Guardiamo all’Italia. Il governo di Giorgia Meloni ha dato due anni di tempo al Parlamento per elaborare una solida e convincente riforma fiscale. Facciamo un piccolo menù? Quali le priorità, quelle vere?
La riforma fiscale dovrebbe innanzitutto dare agli operatori economici la struttura per incentivi più corretta per supportare la crescita economica. In altre parole, gli operatori dovrebbero avere regole fiscali certe, semplici e incentivanti. Dovrebbero sprecare poco tempo nella preparazione delle dichiarazioni fiscali, nella gestione della loro contabilità, e la fiscalità dovrebbe avere un ruolo marginale nell’allocazione delle risorse e nelle strategie e nelle scelte aziendali e dei lavoratori. La tassazione dovrebbe incoraggiare l’attività produttiva e scoraggiare comportamenti che hanno dei costi sociali ed economici per la collettività. Dovrebbero essere poi eliminate tutte quelle distorsioni che rendono la tassazione iniqua tra le varie categorie di lavoratori e di imprese, riducendo drasticamente le cosiddette spese fiscali, che a volte sono veri e propri incentivi ad personam per settori industriali, imprese, e categorie di lavoratori.
Perché?
Perché entro certi limiti, le spese fiscali sono essenziali perché sono parte delle politiche del governo, ma ora si sono trasformate in una vera a propria giungla che dev’essere disboscata. Infine, l’amministrazione pubblica deve dotarsi di strumenti che le consentano un dialogo collaborativo veloce e semplice con il contribuente, anche in funzione della lotta contro l’evasione. Quindi per riassumere, in primis, ci dovrebbe essere un efficientamento dell’amministazione tributaria sia per rendere il rapporto con il cittadino meno problematico e più dialogante sia per contrastare l’evasione. Secondariamente, la normativa fiscale e le procedure dovrebbero essere fortemente semplificate. Terzo, ci dovrebbe essere una revisione incentivante di tutta la tassazione per far sì che i cittadini e le imprese dirigano i loro sforzi verso l’attività produttiva e non perdano tempo e denaro nel tentativo di ridurre il loro carico fiscale o addirittura di evadere le tasse. Con un gioco di parole, in inglese si dice taxes should not be taxing, ovvero la tassazione non dovrebbe essere troppo onerosa per il contribuente.

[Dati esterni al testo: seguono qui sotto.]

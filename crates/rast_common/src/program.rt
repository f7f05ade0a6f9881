//! What a program tells of itself, and how it reports wrong words and a file that it cannot read.
ghost use Rattle.std.specs.Prelude.{◌≡◌, ◌⊎◌, ◌++◌, IfErr, IfOk, OnErr, OnOk, chars, codes, string_bytes};
ghost use Rattle.std.specs.Io.KnownBytes.{Appends};
ghost use Rattle.rast_common.specs.Program.{Refuses, Reports, cause_text, line_of, told, unread_line};
ghost use Rattle.rast_common.specs.Written.{AppendsFront};

use crate::fault::report;
use crate::quote::push_quoted;
use crate::words::{Common, WrongWords};
use std::alloc::{AllocError, Global};
use std::io;

/// What a program tells. Each text but the name is whole lines.
#[derive(Clone, Copy, Debug)]
pub struct Program {
    /// What a line about a fault begins with.
    pub name: &'static str,
    /// Which words it takes.
    pub usage: &'static str,
    /// What the words mean.
    pub options: &'static str,
    /// Its name and its version.
    pub version: &'static str,
    /// That the output refused a write.
    pub cannot_write: &'static str,
    /// That memory ran out.
    pub no_memory: &'static str,
}

/// Why a file cannot be read.
fn cause(kind: io::ErrorKind) -> &'static str
    ensures { result.now ≡ cause_text kind }
{
    match kind {
        io::ErrorKind::NotFound => "there is no such file",
        io::ErrorKind::PermissionDenied => "permission denied",
        io::ErrorKind::IsADirectory => "it is a folder",
        io::ErrorKind::NotADirectory => "a part of its path is no folder",
        io::ErrorKind::InvalidFilename => "its name is too long",
        io::ErrorKind::InvalidData => "it is no UTF-8",
        io::ErrorKind::OutOfMemory => "no memory",
        _ => "the system refuses it",
    }
}

impl Program {
    /// A line about a word: the program's name, the word in quotes between two texts, and one more.
    fn line(
        &self,
        alloc: Global,
        before: &str,
        word: &str,
        after: &str,
        what: &str,
    ) -> Result<String, AllocError>
        ensures { IfOk result (λ line. string_bytes line ≡ line_of self.now before.now word.now after.now what.now) }
    {
        let mut line = String::new(alloc);
        line.push_str(self.name)?;
        line.push_str(before)?;
        push_quoted(&mut line, word)?;
        line.push_str(after)?;
        line.push_str(what)?;
        line.push_str("\n")?;
        Ok(line)
    }

    /// Reports a line about a word, or that memory ran out.
    fn report_word<V: io::Write>(
        &self,
        alloc: Global,
        before: &str,
        word: &str,
        after: &str,
        what: &str,
        err: &mut V,
    ) -> io::Result<u8>
        ensures status { IfOk result (λ status. status ≡ 2) }
        ensures reported { OnOk result (Reports self.now (line_of self.now before.now word.now after.now what.now) (Appends (V.contents err.old) (V.contents err.new))) }
        ensures broken { OnErr result (Reports self.now (line_of self.now before.now word.now after.now what.now) (AppendsFront (V.contents err.old) (V.contents err.new))) }
    {
        match self.line(alloc, before, word, after, what) {
            Ok(line) => report(err, line.as_str()),
            Err(_) => report(err, self.no_memory),
        }
    }

    /// Writes what the program tells of itself.
    fn write<W: io::Write>(&self, common: Common, out: &mut W) -> io::Result<()>
        ensures { OnOk result (Appends (W.contents out.old) (W.contents out.new) (told self.now common)) }
    {
        match common {
            Common::Help => {
                out.write_all(self.usage.as_bytes())?;
                out.write_all(self.options.as_bytes())?;
            }
            Common::Version => out.write_all(self.version.as_bytes())?,
        }
        out.flush()
    }

    /// Writes what the program tells of itself, and returns the status 0. Where the output refuses that, it is reported
    /// on `err`, and the status is 2. The error is that of `err`, where it refused the report.
    pub fn tell<W: io::Write, V: io::Write>(
        &self,
        common: Common,
        out: &mut W,
        err: &mut V,
    ) -> io::Result<u8>
        ensures status { IfOk result (λ status. (status ≡ 0) ⊎ (status ≡ 2)) }
        ensures told { IfOk result (λ status. status ≡ 0 → Appends (W.contents out.old) (W.contents out.new) (told self.now common) × (err.new ≡ err.old)) }
        ensures reported { IfOk result (λ status. status ≡ 2 → Appends (V.contents err.old) (V.contents err.new) self.now.cannot_write.now) }
        ensures broken { OnErr result (AppendsFront (V.contents err.old) (V.contents err.new) self.now.cannot_write.now) }
    {
        let Ok(()) = self.write(common, out) else {
            return report(err, self.cannot_write);
        };
        Ok(0)
    }

    /// Reports wrong words: their number by the usage, and a word by itself and by what its place takes, or that memory
    /// ran out. Returns the status 2. The error is that of `err`, where it refused the report.
    pub fn refuse<V: io::Write>(
        &self,
        alloc: Global,
        wrong: &WrongWords<'_>,
        err: &mut V,
    ) -> io::Result<u8>
        ensures status { IfOk result (λ status. status ≡ 2) }
        ensures reported { OnOk result (Refuses self.now wrong.now (Appends (V.contents err.old) (V.contents err.new))) }
        ensures broken { OnErr result (Refuses self.now wrong.now (AppendsFront (V.contents err.old) (V.contents err.new))) }
    {
        match wrong {
            WrongWords::Number => report(err, self.usage),
            WrongWords::Word { word, place } => {
                self.report_word(alloc, ": ", word, " is no ", place, err)
            }
        }
    }

    /// Reports the file that cannot be read, with its name and the cause; or that memory ran out. Returns the status 2.
    /// The error is that of `err`, where it refused the report.
    pub fn report_unread<V: io::Write>(
        &self,
        alloc: Global,
        file: &str,
        kind: io::ErrorKind,
        err: &mut V,
    ) -> io::Result<u8>
        ensures status { IfOk result (λ status. status ≡ 2) }
        ensures reported { OnOk result (Reports self.now (unread_line self.now file.now kind) (Appends (V.contents err.old) (V.contents err.new))) }
        ensures broken { OnErr result (Reports self.now (unread_line self.now file.now kind) (AppendsFront (V.contents err.old) (V.contents err.new))) }
    {
        self.report_word(alloc, ": cannot read ", file, ": ", cause(kind), err)
    }
}
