//! What fills the caller's room.
ghost use Rattle.std.specs.Prelude.{◌≡◌, ◌<◌, ◌^◌, length};
ghost use Rattle.rap_events.specs.Forest.{flat};
ghost use Rattle.rap_events.specs.Step.{step_value};
ghost use Rattle.rap_c.specs.Item.{message, output_item, output_items, token_items, lexer_items};
ghost use Rattle.rap_c.specs.Filling.{write_at};

use crate::answer::RapAnswer;
use crate::step::{ENTER, EXIT, MESSAGE, RapStep, SPLIT, TOKEN};
use ra_ap_parser::{LexedStr, Output, Step, StrSink, StrStep, SyntaxKind};
use std::convert::Infallible;

/// The caller's room for steps and for the bytes of messages, how many of each there have been, and the place that the
/// steps have come to. Numbers saturate at 2^64 - 1.
#[derive(Drop)]
pub struct Filler<'a> {
    pub steps: &'a mut [RapStep],
    pub messages: &'a mut [u8],
    pub count: usize,
    pub said: usize,
    pub place: usize,
}

/// Writes the bytes into the room from a place on, as far as it reaches.
pub fn put_bytes(room: &mut [u8], at: usize, bytes: &[u8])
    ensures { room.new ≡ write_at room.old at bytes.now }
{
    if at < room.len() {
        let count = bytes.len().min(room.len() - at);
        room[at..at + count].copy_from_slice(&bytes[..count]);
    }
}

/// The kind's number.
pub fn kind_number(kind: SyntaxKind) -> u32
    ensures { result ≡ kind }
{
    u32::from(u16::from(kind))
}

impl<'a> Filler<'a> {
    ghost use Rattle.rap_c.specs.Fills.{Adds, AddsAll, IsStart, Puts};

    /// Nothing is written yet.
    pub fn new(steps: &'a mut [RapStep], messages: &'a mut [u8]) -> Filler<'a>
        ensures start { IsStart steps.old messages.old result }
        ensures steps { result.steps.ghost_name ≡ steps.entry.ghost_name }
        ensures messages { result.messages.ghost_name ≡ messages.entry.ghost_name }
    {
        // For the proof: both fit their type.
        let _step_room = steps.len();
        let _message_room = messages.len();
        Filler {
            steps,
            messages,
            count: 0,
            said: 0,
            place: 0,
        }
    }

    /// Writes a step where there is room for it, and goes so far on.
    fn put(&mut self, what: u32, kind: u32, width: usize)
        ensures { Puts what kind width self.old self.new }
    {
        // For the proof: it fits its type.
        let _said = self.said;
        let at = self.place;
        let end = at.saturating_add(width);
        if self.count < self.steps.len() {
            self.steps[self.count] = RapStep {
                what,
                kind,
                at,
                start: at,
                end,
            };
        }
        self.count = self.count.saturating_add(1);
        self.place = end;
    }

    /// Writes a message as far as there is room for it, and its step.
    fn put_message(&mut self, text: &str, at: usize)
        ensures { Adds (message text.now at) self.old self.new }
    {
        let start = self.said;
        let end = start.saturating_add(text.len());
        put_bytes(self.messages, start, text.as_bytes());
        if self.count < self.steps.len() {
            self.steps[self.count] = RapStep {
                what: MESSAGE,
                kind: 0,
                at,
                start,
                end,
            };
        }
        self.count = self.count.saturating_add(1);
        self.said = end;
    }

    /// Adds a step of an output.
    fn put_output_step(&mut self, step: Step<'_>)
        ensures { Adds (output_item (step_value step.entry)) self.old self.new }
    {
        match step {
            Step::Enter { kind } => self.put(ENTER, kind_number(kind), 0),
            Step::Exit => self.put(EXIT, 0, 0),
            Step::Token {
                kind,
                n_input_tokens,
            } => self.put(TOKEN, kind_number(kind), usize::from(n_input_tokens)),
            Step::FloatSplit { ends_in_dot } => self.put(SPLIT, u32::from(ends_in_dot), 1),
            Step::Error { msg } => self.put_message(msg, self.place),
        }
    }

    /// Adds the steps of an output.
    pub fn add_output(&mut self, output: &Output)
        ensures { AddsAll (output_items (flat output.now)) self.old self.new }
    {
        'steps: for step in output.iter() {
            self.put_output_step(step);
        }
    }

    /// Adds the tokens of a text.
    pub fn add_tokens(&mut self, lexed: &LexedStr<'_>)
        ensures { AddsAll (token_items lexed.now.tokens) self.old self.new }
    {
        'tokens: for i in 0..lexed.len() {
            self.put(TOKEN, kind_number(lexed.kind(i)), lexed.text_len(i));
        }
    }

    /// Adds the lexer's messages, each at the start of its token.
    pub fn add_errors_of(&mut self, lexed: &LexedStr<'_>)
        ensures { AddsAll (lexer_items lexed.now.tokens lexed.now.errors) self.old self.new }
    {
        match lexed.report_errors(self) {
            Ok(()) => (),
            Err(never) => match never {},
        }
    }

    /// What there has been, with this status, of so many bytes of the text.
    pub fn answer(&self, status: u32, used: usize) -> RapAnswer
        ensures { result ≡ record { status = status; steps = self.now.count; message_bytes = self.now.said; used = used } }
    {
        RapAnswer {
            status,
            steps: self.count,
            message_bytes: self.said,
            used,
        }
    }
}

impl StrSink for Filler<'_> {
    ghost use Rattle.rap_c.specs.Fills.{AddsStep};

    // No step is refused.
    type Refusal = Infallible;

    ghost takes = { AddsStep };

    ghost refuses = { λ _ _ _ _. ⊥ };

    fn step(&mut self, step: StrStep<'_>) -> Result<(), Infallible> {
        match step {
            StrStep::Enter { kind } => self.put(ENTER, kind_number(kind), 0),
            StrStep::Exit => self.put(EXIT, 0, 0),
            StrStep::Token { kind, text } => self.put(TOKEN, kind_number(kind), text.len()),
            StrStep::Error { msg, pos } => self.put_message(msg, pos),
        }
        Ok(())
    }
}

Ma si possono ridurre le tasse?
Ci stavo arrivando. Si potrà notare che non ho fatto riferimento alla riduzione della tassazione. In effetti la tassazione elevata è anch’essa un problema a la sua riduzione dovrebbe essere un obiettivo di politica economica. Tuttavia, dovrebbe venire come conseguenza delle riforme, e non solo di quella fiscale. Se le riforme saranno abbastanza ambiziose e genereranno più crescita economica, questo consentirà anche una riduzione della pressione fiscale, gradualmente negli anni, senza minare la sostenibilità delle finanze pubbliche.